I am confused about a bash script.

I have the following code:

function grep_search() {
    magic_way_to_define_magic_variable_$1=`ls | tail -1`
    echo $magic_variable_$1

I want to be able to create a variable name containing the first argument of the command and bearing the value of e.g. the last line of ls.

So to illustrate what I want:

$ ls | tail -1

$ grep_search() open_box

So, how should I define/declare $magic_way_to_define_magic_variable_$1 and how should I call it within the script?

I have tried eval, ${...}, \$${...}, but I am still confused.

Question Answer

I’ve been looking for better way of doing it recently. Associative array sounded like overkill for me. Look what I found:

declare prefix_$suffix=mystr

…and then…

echo ${!varname}

From the docs:

The ‘$’ character introduces parameter expansion, command substitution, or arithmetic expansion.

The basic form of parameter expansion is ${parameter}. The value of parameter is substituted.

If the first character of parameter is an exclamation point (!), and parameter is not a nameref, it introduces a level of indirection. Bash uses the value formed by expanding the rest of parameter as the new parameter; this is then expanded and that value is used in the rest of the expansion, rather than the expansion of the original parameter. This is known as indirect expansion.

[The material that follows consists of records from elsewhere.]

//! Worked places of blocks, and an import of many ranges.

ghost use Rattle.std.specs.Prelude.{◌≡◌, ◌≤◌, IfOk, IfSome, SomeIndex};
ghost use Rattle.rpm_blocks.specs.Blocks.{range_at};

use rpm_blocks::Used;
use std::alloc::{AllocError, Global};

/// The least place from a block on, which is used from then on.
fn take(used: &mut Used, count: u32, from: u32) -> Result<Option<u32>, AllocError>
    requires { 1 ≤ count }
    ensures { IfOk result (λ taken. IfSome taken
        (λ place. SomeIndex used.new.ranges (λ i. (range_at used.new.ranges i).start ≡ place))) }
{
    used.reserve(1)?;
    let Some(place) = used.first_fit(count, from) else {
        return Ok(None);
    };
    used.insert(place, count);
    Ok(Some(place))
}

/// A set that these ranges were put into, one after the other, each of which was free.
fn used_with(alloc: Global, ranges: &[(u32, u32)]) -> Result<Option<Used>, AllocError> {
    let mut used = Used::new(alloc);
    for &(start, count) in ranges {
        if count == 0 || take(&mut used, count, start)? != Some(start) {
            return Ok(None);
        }
    }
    Ok(Some(used))
}

/// The least place in a set that was made.
fn fit(used: &Option<Used>, count: u32, from: u32) -> Option<Option<u32>> {
    match used {
        Some(used) if count > 0 => Some(used.first_fit(count, from)),
        _ => None,
    }
}

// Two ranges that touch, a gap of four blocks, a range, a gap of six, a range.
const GAPS: &[(u32, u32)] = &[(256, 10), (274, 6), (286, 14), (266, 4)];

// All blocks but the last six.
const FULL: &[(u32, u32)] = &[(256, 268_435_194)];

// What is used, how many blocks are sought and from where, and the least place of them.
const PLACES: &[(&[(u32, u32)], u32, u32, Option<u32>)] = &[
    (&[], 1, 0, Some(0)),
    (&[], 268_435_456, 0, Some(0)),
    (&[], 268_435_457, 0, None),
    (&[], 1, 268_435_456, None),
    (&[], u32::MAX, u32::MAX, None),
    (GAPS, 4, 256, Some(270)),
    (GAPS, 5, 256, Some(280)),
    (GAPS, 6, 256, Some(280)),
    (GAPS, 7, 256, Some(300)),
    (GAPS, 257, 0, Some(300)),
    (GAPS, 256, 0, Some(0)),
    (GAPS, 3, 271, Some(271)),
    (GAPS, 4, 271, Some(280)),
    (GAPS, 1, 268, Some(270)),
    (GAPS, 1, 277, Some(280)),
    (GAPS, 1, 280, Some(280)),
    (GAPS, 5, 300, Some(300)),
    (GAPS, 5, 1000, Some(1000)),
    (GAPS, 268_435_156, 256, Some(300)),
    (GAPS, 268_435_157, 256, None),
    (&[(256, 4), (272, 4), (264, 4)], 5, 256, Some(276)),
    (&[(256, 4), (264, 4), (260, 4)], 1, 256, Some(268)),
    (FULL, 6, 256, Some(268_435_450)),
    (FULL, 7, 256, None),
];

/// The least place where these ranges are used.
fn place_in(
    alloc: Global,
    ranges: &[(u32, u32)],
    count: u32,
    from: u32,
) -> Result<Option<Option<u32>>, AllocError> {
    let used = used_with(alloc, ranges)?;
    Ok(fit(&used, count, from))
}

/// A set that these ranges were put into, and one more, which went again.
fn used_without(
    alloc: Global,
    ranges: &[(u32, u32)],
    start: u32,
    count: u32,
) -> Result<Option<Used>, AllocError> {
    let Some(mut used) = used_with(alloc, ranges)? else {
        return Ok(None);
    };
    if count == 0 {
        return Ok(None);
    }
    let Some(place) = take(&mut used, count, start)? else {
        return Ok(None);
    };
    used.remove(place);
    if place == start {
        Ok(Some(used))
    } else {
        Ok(None)
    }
}

// What is used, the range that goes again, how many blocks are sought, and the least place of them.
const REMOVALS: &[(&[(u32, u32)], u32, u32, u32, u32)] = &[
    // Two gaps become one.
    (&[(256, 4), (272, 4)], 264, 4, 12, 260),
    (&[(256, 4), (272, 4)], 264, 4, 13, 276),
    // A run of ranges that touch is split.
    (&[(256, 4), (264, 4)], 260, 4, 4, 260),
    (&[(256, 4), (264, 4)], 260, 4, 5, 268),
];

/// The least place where these ranges are used, and one more is not any longer.
fn place_without(
    alloc: Global,
    ranges: &[(u32, u32)],
    start: u32,
    length: u32,
    count: u32,
) -> Result<Option<Option<u32>>, AllocError> {
    let used = used_without(alloc, ranges, start, length)?;
    Ok(fit(&used, count, 256))
}

/// The least places after 100,000 packages, each of which stands after the one before: in the set and in a copy.
fn import(alloc: Global) -> Result<Option<(u32, u32)>, AllocError> {
    let mut used = Used::new(alloc);
    used.reserve(100_000)?;
    for number in 0..100_000u32 {
        if take(&mut used, 8, 256)? != Some(256 + 8 * number) {
            return Ok(None);
        }
    }
    let copy = used.copy_with_room(alloc, 1)?;
    match (used.first_fit(1, 256), copy.first_fit(1, 256)) {
        (Some(own), Some(copied)) => Ok(Some((own, copied))),
        _ => Ok(None),
    }
}

fn unlike_place(alloc: Global) -> Option<(u32, u32)> {
    for &(ranges, count, from, place) in PLACES {
        if place_in(alloc, ranges, count, from) != Ok(Some(place)) {
            return Some((count, from));
        }
    }
    None
}

fn unlike_removal(alloc: Global) -> Option<(u32, u32)> {
    for &(ranges, start, length, count, place) in REMOVALS {
        if place_without(alloc, ranges, start, length, count) != Ok(Some(Some(place))) {
            return Some((start, count));
        }
    }
    None
}

#[test]
fn least_places_are_found(rt: HostRuntime) {
    let alloc = rt.alloc();
    let place = unlike_place(alloc);
    let removal = unlike_removal(alloc);
    let behind = import(alloc);
    assert!(rt;
        place.is_none() && removal.is_none() && behind == Ok(Some((800_256, 800_256))),
        "{place:?} {removal:?} {behind:?}"
    );
}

The value is subject to tilde expansion, parameter expansion, command substitution, and arithmetic expansion.

Use an associative array, with command names as keys.

# Requires bash 4, though
declare -A magic_variable=()

function grep_search() {
    magic_variable[$1]=$( ls | tail -1 )
    echo ${magic_variable[$1]}

If you can’t use associative arrays (e.g., you must support bash 3), you can use declare to create dynamic variable names:

declare "magic_variable_$1=$(ls | tail -1)"

and use indirect parameter expansion to access the value.

echo "${!var}"

See BashFAQ: Indirection – Evaluating indirect/reference variables.

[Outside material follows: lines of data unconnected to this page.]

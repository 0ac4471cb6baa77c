//! Making a database.

ghost use Rattle.std.specs.Prelude.{◌≡◌, ◌+◌, ◌≤◌, IsTrue, false, vec_len, vec_capacity, ◌++◌, replicate, OnOk, OnErr};
ghost use Rattle.rpm_pkgdb.specs.Prelude.{free, IsFirstPage, IsMadeNew, IsDurable, KeepsStore, made_new, MakesTo, next_unit, Pkg, pkg, Quiet, SameOutside, stopped_store, CrashLeavesFile, Store, unit_at, Writes};

use crate::free_slots::{FREE, write_free_slots};
use crate::slot::Slot;
use crate::store::{DiskFault, PkgDb};
use crate::units::{head_unit, next_unit, write_one, write_units};
use rpm_outside::{Disk, Failed};

/// Writes the next number 1 and free slots, and makes them durable.
fn write_first_page<D: Disk>(disk: &mut D) -> Result<(), Failed>
    ensures page { OnOk result (IsTrue D.tells → IsFirstPage (pkg D.Disk disk.new)) }
    ensures durable { OnOk result (IsTrue D.tells → IsDurable D.Disk Pkg disk.new) }
    ensures writes { Writes D.Disk Pkg (SameOutside 1 255) 0 result disk.old disk.new }
{
    write_units(disk, 1, &next_unit(1))?;
    write_free_slots(disk, 2, 254)
}

/// Writes a database of one page.
fn write_new<D: Disk>(disk: &mut D) -> Result<(), Failed>
    ensures next { OnOk result (IsTrue D.tells → unit_at (pkg D.Disk disk.new) 1 ≡ next_unit 1) }
    ensures keeps { OnOk result (IsTrue D.tells → (value : Store) → KeepsStore (pkg D.Disk disk.new) (made_new value)) }
    ensures quiet { OnOk result (IsTrue D.tells → (value : Store) → Quiet D.Disk disk.new (made_new value)) }
    ensures images { IsTrue D.tells → (value : Store) → value.pages ≡ 0 → Quiet D.Disk disk.old value → CrashLeavesFile D.Disk disk.old disk.new MakesTo }
    ensures writes { Writes D.Disk Pkg (SameOutside 0 256) 0 result disk.old disk.new }
{
    write_first_page(disk)?;
    write_one(disk, 0, &head_unit(1, 1))
}

/// Adds free slots, for which there is room.
pub fn add_free(slots: &mut Vec<Slot>, more: u32)
    requires { vec_len slots.old + more ≤ vec_capacity slots.old }
    ensures items { slots.new.items ≡ slots.old.items ++ replicate more free }
    ensures capacity { vec_capacity slots.old ≤ vec_capacity slots.new }
{
    for _ in 0..more {
        match slots.push(FREE) {
            Ok(()) => {}
            Err(_) => unreachable!(),
        }
    }
}

impl PkgDb {
    /// Makes a database of one slot page, generation 1 and next number 1, in a blank file.
    ///
    /// Writes the page but for unit 0 and syncs, then unit 0 and syncs, and nothing after the page. Reads nothing and
    /// takes no memory: opening a blank file made the room. A crash at any moment leaves a blank file or that
    /// database.
    ///
    /// # Errors
    ///
    /// `DiskFault` only where the disk's count of faults rose. The value is stopped then.
    pub fn make<D: Disk>(&mut self, disk: &mut D) -> Result<(), DiskFault>
        requires going { self.old.is_stopped ≡ false }
        requires keeps { IsTrue D.tells → KeepsStore (pkg D.Disk disk.old) self.old }
        requires blank { self.old.pages ≡ 0 }
        ensures ok { OnOk result (self.new ≡ made_new self.old) }
        ensures err { OnErr result (self.new ≡ stopped_store self.old) }
        ensures made { OnOk result (IsTrue D.tells → IsMadeNew D.Disk disk.old disk.new self.new) }
        ensures images { IsTrue D.tells → Quiet D.Disk disk.old self.old → CrashLeavesFile D.Disk disk.old disk.new MakesTo }
        ensures writes { Writes D.Disk Pkg (SameOutside 0 256) 0 result disk.old disk.new }
    {
        let Ok(()) = write_new(disk) else {
            self.stopped = true;
            return Err(DiskFault);
        };
        self.generation = 1;
        self.pages = 1;
        self.field = 1;
        add_free(&mut self.slots, 254);
        Ok(())
    }
}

Beyond associative arrays, there are several ways of achieving dynamic variables in Bash. Note that all these techniques present risks, which are discussed at the end of this answer.

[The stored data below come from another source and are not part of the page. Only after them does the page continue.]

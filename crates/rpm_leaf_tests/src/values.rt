//! What tags say of headers: values and keys.

use crate::fixtures::{LIBRARY, PLAIN, SHELL, SNAPSHOT, bytes_of};
use rpm_header::{PlacesRoom, View};
use rpm_tags::{Class, Joined, Tag, TagValue, value};
use std::alloc::{AllocError, Global};

// Two files of which the second has an index past the directories.
const PAST_DIRS: &str = "00000003 00000010
    0000045d 00000008 00000000 00000002
    0000045c 00000004 00000004 00000002
    0000045e 00000008 0000000c 00000001
    61006200 00000000 00000001 2f642f00";

// Two files with one index.
const UNEQUAL: &str = "00000003 0000000c
    0000045d 00000008 00000000 00000002
    0000045c 00000004 00000004 00000001
    0000045e 00000008 00000008 00000001
    61006200 00000000 2f642f00";

// An index that is a text.
const TEXT_INDEXES: &str = "00000003 00000008
    0000045d 00000008 00000000 00000001
    0000045c 00000008 00000002 00000001
    0000045e 00000008 00000004 00000001
    61003000 2f642f00";

// Four files in three directories.
const TWO_DIRS: &str = "00000003 00000024
    0000045d 00000008 00000000 00000004
    0000045c 00000004 00000008 00000004
    0000045e 00000008 00000018 00000003
    61006200 63006400 00000001 00000000 00000001 00000002 2f782f00 2f792f00
    2f7a2f00";

// Five files in eighteen directories: the third and the fifth ask for one that was passed, and whose
// place in the memory another one took.
const PASSED_DIRS: &str = "00000003 00000033
    0000045c 00000002 00000000 00000005
    0000045d 00000008 00000005 00000005
    0000045e 00000008 0000000f 00000012
    00100011 01310032 00330034 00350061 00620063 00640065 00660067 00680069
    006a006b 006c006d 006e006f 00700071 007200";

// A region with a name, a name after the region, an epoch that is a text, an architecture that is a
// number, a group in three languages, the greatest size, no capability and two bytes.
pub const ODD: &str = "0000000b 0000003a
    0000003f 00000007 00000000 00000010
    000003e8 00000006 00000010 00000001
    000003e9 00000006 00000012 00000001
    000003ea 00000006 00000014 00000001
    000003e8 00000006 00000016 00000001
    000003eb 00000006 00000018 00000001
    000003fe 00000004 0000001c 00000001
    000003f8 00000009 00000020 00000003
    000003f1 00000005 00000030 00000001
    00000417 00000000 00000038 00000005
    00000105 00000007 00000038 00000002
    0000003f 00000007 ffffffe0 00000010 72003100 32006400 33000000 00000004
    656e0064 65006672 00000000 00000000 ffffffff ffffffff dead";

// A name that is a number, and the greatest epoch.
pub const NO_NAME: &str = "00000004 00000010
    000003e8 00000004 00000000 00000001
    000003e9 00000006 00000004 00000001
    000003ea 00000006 00000006 00000001
    000003eb 00000005 00000008 00000001
    00000005 31003200 ffffffff ffffffff";

/// A text, whose parts come one after the other.
fn push_parts(bytes: &mut Vec<u8>, text: &Joined<'_>) -> Result<(), AllocError> {
    for k in 0..9 {
        match text.part(k) {
            None => return Ok(()),
            Some(part) => bytes.extend_from_slice(part)?,
        }
    }
    Ok(())
}

/// The texts of a value, each with a bar after it.
fn shown(alloc: Global, value: &TagValue<'_>) -> Result<Vec<u8>, AllocError> {
    let mut bytes = Vec::new(alloc);
    if value.class() == Class::Text {
        let mut room = PlacesRoom::new();
        for text in value.texts(Some(&mut room)) {
            push_parts(&mut bytes, &text)?;
            bytes.push(b'|')?;
        }
    }
    Ok(bytes)
}

// Headers with a tag, and its texts, where it has a value.
const TEXTS: &[(&str, Tag, Option<&str>)] = &[
    (PLAIN, Tag::Nvr, Some("a-1-2|")),
    (PLAIN, Tag::Nvra, Some("a-1-2.x|")),
    (PLAIN, Tag::Evr, Some("1-2|")),
    (PLAIN, Tag::Nevra, Some("a-1-2.x|")),
    (PLAIN, Tag::Filenames, None),
    (PLAIN, Tag::Stored(1003), None),
    (SHELL, Tag::Nevra, Some("bash-5.1-2.x86_64|")),
    (SHELL, Tag::Filenames, Some("/usr/bin/bash|/usr/bin/sh|")),
    (SHELL, Tag::Stored(1113), Some("5.1-2||")),
    (LIBRARY, Tag::Nvr, Some("libx-1.0~rc1-1|")),
    (LIBRARY, Tag::Nvra, Some("libx-1.0~rc1-1.noarch|")),
    (LIBRARY, Tag::Evr, Some("1:1.0~rc1-1|")),
    (LIBRARY, Tag::Nevra, Some("libx-1:1.0~rc1-1.noarch|")),
    (SNAPSHOT, Tag::Evr, Some("1.0^git1-1|")),
    (SNAPSHOT, Tag::Nevra, Some("libx-1.0^git1-1.noarch|")),
    (PAST_DIRS, Tag::Filenames, None),
    (UNEQUAL, Tag::Filenames, None),
    (TEXT_INDEXES, Tag::Filenames, None),
    (TWO_DIRS, Tag::Filenames, Some("/y/a|/x/b|/y/c|/z/d|")),
    (PASSED_DIRS, Tag::Filenames, Some("a1|q2|a3|r4|b5|")),
    (ODD, Tag::Stored(1000), Some("d|")),
    (ODD, Tag::Nvra, Some("d-1-2|")),
    (ODD, Tag::Evr, Some("1-2|")),
    (ODD, Tag::Nevra, Some("d-1-2|")),
    (ODD, Tag::Stored(1016), Some("en|")),
    (ODD, Tag::Stored(1047), None),
    (NO_NAME, Tag::Nvr, None),
    (NO_NAME, Tag::Evr, Some("18446744073709551615:1-2|")),
    (NO_NAME, Tag::Nevra, None),
];

/// Whether a tag of a header has these texts, or no value.
fn has_texts(alloc: Global, hex: &str, tag: Tag, want: Option<&str>) -> Result<bool, AllocError> {
    let blob = bytes_of(alloc, hex)?;
    let Ok(view) = View::parse(&blob) else {
        return Ok(false);
    };
    match (value(&view, 7, tag), want) {
        (Some(value), Some(want)) => Ok(shown(alloc, &value)?.as_slice() == want.as_bytes()),
        (value, want) => Ok(value.is_none() && want.is_none()),
    }
}

// Headers with a tag, how many numbers it has, and the last of them.
const NUMBERS: &[(&str, Tag, u32, u64)] = &[
    (PLAIN, Tag::Epochnum, 1, 0),
    (PLAIN, Tag::Dbinstance, 1, 7),
    (SHELL, Tag::Stored(1030), 2, 41471),
    (SHELL, Tag::Stored(1048), 2, 0),
    (LIBRARY, Tag::Epochnum, 1, 1),
    (LIBRARY, Tag::Stored(1003), 1, 1),
    (ODD, Tag::Epochnum, 1, 0),
    (ODD, Tag::Stored(1009), 1, u64::MAX),
    (NO_NAME, Tag::Epochnum, 1, u64::MAX),
];

/// Whether a value is so many numbers, of which this is the last.
fn is_numbers(value: &TagValue<'_>, count: u32, last: u64) -> bool {
    value.class() == Class::Number
        && value.count() == count
        && value.number(value.count() - 1) == last
}

/// Whether a tag of a header has so many numbers, of which this is the last.
fn has_numbers(
    alloc: Global,
    hex: &str,
    tag: Tag,
    count: u32,
    last: u64,
) -> Result<bool, AllocError> {
    let blob = bytes_of(alloc, hex)?;
    let Ok(view) = View::parse(&blob) else {
        return Ok(false);
    };
    match value(&view, 7, tag) {
        Some(value) => Ok(is_numbers(&value, count, last)),
        None => Ok(false),
    }
}

/// Whether the last of four paths has two parts, and is this one.
fn is_path(alloc: Global, value: &TagValue<'_>, want: &[u8]) -> Result<bool, AllocError> {
    let mut bytes = Vec::new(alloc);
    if value.class() != Class::Text || value.count() != 4 {
        return Ok(false);
    }
    let path = value.text(3);
    push_parts(&mut bytes, &path)?;
    let has_two = path.part(1).is_some() && path.part(2).is_none();
    Ok(has_two && path.len() as usize == want.len() && bytes.as_slice() == want)
}

fn has_path(alloc: Global, hex: &str, want: &[u8]) -> Result<bool, AllocError> {
    let blob = bytes_of(alloc, hex)?;
    let Ok(view) = View::parse(&blob) else {
        return Ok(false);
    };
    match value(&view, 7, Tag::Filenames) {
        Some(value) => is_path(alloc, &value, want),
        None => Ok(false),
    }
}

/// Whether a tag of a header is a blob of these bytes.
fn has_blob(alloc: Global, hex: &str, tag: Tag, want: &[u8]) -> Result<bool, AllocError> {
    let blob = bytes_of(alloc, hex)?;
    let Ok(view) = View::parse(&blob) else {
        return Ok(false);
    };
    match value(&view, 7, tag) {
        Some(value) => Ok(
            value.class() == Class::Blob && value.count() == 1 && value.blob() == want,
        ),
        None => Ok(false),
    }
}

fn unlike_texts(alloc: Global) -> Option<(&'static str, Option<&'static str>)> {
    for &(hex, tag, want) in TEXTS {
        if has_texts(alloc, hex, tag, want) != Ok(true) {
            return Some((hex, want));
        }
    }
    None
}

fn unlike_numbers(alloc: Global) -> Option<(&'static str, u64)> {
    for &(hex, tag, count, last) in NUMBERS {
        if has_numbers(alloc, hex, tag, count, last) != Ok(true) {
            return Some((hex, last));
        }
    }
    None
}

#[test]
fn values_are_those_by_hand(rt: HostRuntime) {
    let alloc = rt.alloc();
    let texts = unlike_texts(alloc);
    let numbers = unlike_numbers(alloc);
    let path = has_path(alloc, TWO_DIRS, b"/z/d");
    let blob = has_blob(alloc, ODD, Tag::Stored(261), b"\xde\xad");
    assert!(rt;
        texts.is_none() && numbers.is_none() && path == Ok(true) && blob == Ok(true),
        "{texts:?} {numbers:?} {path:?} {blob:?}"
    );
}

In the following examples I will assume that i=37 and that you want to alias the variable named var_37 whose initial value is lolilol.

Method 1. Using a “pointer” variable

You can simply store the name of the variable in an indirection variable, not unlike a C pointer. Bash then has a syntax for reading the aliased variable: ${!name} expands to the value of the variable whose name is the value of the variable name. You can think of it as a two-stage expansion: ${!name} expands to $var_37, which expands to lolilol.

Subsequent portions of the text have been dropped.